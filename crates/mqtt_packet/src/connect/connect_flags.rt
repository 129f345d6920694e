//! The flags of a CONNECT (3.1.2.3).

ghost use Rattle.std.specs.Prelude.{◌≡◌, ◌≤◌};
ghost use Rattle.mqtt_packet.specs.connect.ConnectFlags.{will_flags, will_bits, flags_of, flags_byte};

use crate::parts::qos_of;
use mqtt_base::Qos;

/// What the flags of a CONNECT say of its Will (3.1.2.5 to 3.1.2.7).
#[derive(Clone, Copy, Debug, PartialEq, Eq)]
pub struct WillFlags {
    pub qos: Qos,
    pub retain: bool,
}

/// What the flags of a CONNECT say (3.1.2.3).
#[derive(Clone, Copy, Debug, PartialEq, Eq)]
pub struct Flags {
    pub clean_start: bool,
    pub will: Option<WillFlags>,
    pub user_name: bool,
    pub password: bool,
}

#[inline(always)]
fn will_flags(will: bool, qos: u8, retain: bool) -> Option<Option<WillFlags>>
    ensures { result ≡ will_flags will qos retain }
{
    if will {
        let qos = qos_of(qos)?;
        Some(Some(WillFlags { qos, retain }))
    } else if qos == 0 && !retain {
        Some(None)
    } else {
        None
    }
}

/// What the byte says, if it is lawful.
#[inline(always)]
pub(crate) fn flags_read(byte: u8) -> Option<Flags>
    ensures { result ≡ flags_of byte }
{
    if byte % 2 != 0 {
        return None;
    }
    let will = will_flags(byte / 4 % 2 == 1, byte / 8 % 4, byte / 32 % 2 == 1)?;
    Some(Flags {
        clean_start: byte / 2 % 2 == 1,
        will,
        user_name: byte / 128 == 1,
        password: byte / 64 % 2 == 1,
    })
}

#[inline(always)]
fn will_bits(will: Option<WillFlags>) -> u8
    ensures value { result ≡ will_bits will }
    ensures bound { result ≤ 52 }
{
    match will {
        None => 0,
        Some(will) => {
            let retain = if will.retain { 32 } else { 0 };
            match will.qos {
                Qos::AtMostOnce => 4 + retain,
                Qos::AtLeastOnce => 12 + retain,
                Qos::ExactlyOnce => 20 + retain,
            }
        }
    }
}

impl Flags {
    /// The byte that says so.
    #[inline(always)]
    pub(crate) fn byte(self) -> u8
        ensures { result ≡ flags_byte self }
    {
        let clean_start = if self.clean_start { 2 } else { 0 };
        let password = if self.password { 64 } else { 0 };
        let user_name = if self.user_name { 128 } else { 0 };
        clean_start + will_bits(self.will) + password + user_name
    }
}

------------------------

**Work order**: Starting with the first line of the listing, output each line exactly until you have included the one containing "it is lawful.".

**Expected answer**:
filename crates/mqtt_packet/src/connect/connect_flags.rt
repository 129f345d6920694e
//! The flags of a CONNECT (3.1.2.3).

ghost use Rattle.std.specs.Prelude.{◌≡◌, ◌≤◌};
ghost use Rattle.mqtt_packet.specs.connect.ConnectFlags.{will_flags, will_bits, flags_of, flags_byte};

use crate::parts::qos_of;
use mqtt_base::Qos;

/// What the flags of a CONNECT say of its Will (3.1.2.5 to 3.1.2.7).
#[derive(Clone, Copy, Debug, PartialEq, Eq)]
pub struct WillFlags {
    pub qos: Qos,
    pub retain: bool,
}

/// What the flags of a CONNECT say (3.1.2.3).
#[derive(Clone, Copy, Debug, PartialEq, Eq)]
pub struct Flags {
    pub clean_start: bool,
    pub will: Option<WillFlags>,
    pub user_name: bool,
    pub password: bool,
}

#[inline(always)]
fn will_flags(will: bool, qos: u8, retain: bool) -> Option<Option<WillFlags>>
    ensures { result ≡ will_flags will qos retain }
{
    if will {
        let qos = qos_of(qos)?;
        Some(Some(WillFlags { qos, retain }))
    } else if qos == 0 && !retain {
        Some(None)
    } else {
        None
    }
}

/// What the byte says, if it is lawful.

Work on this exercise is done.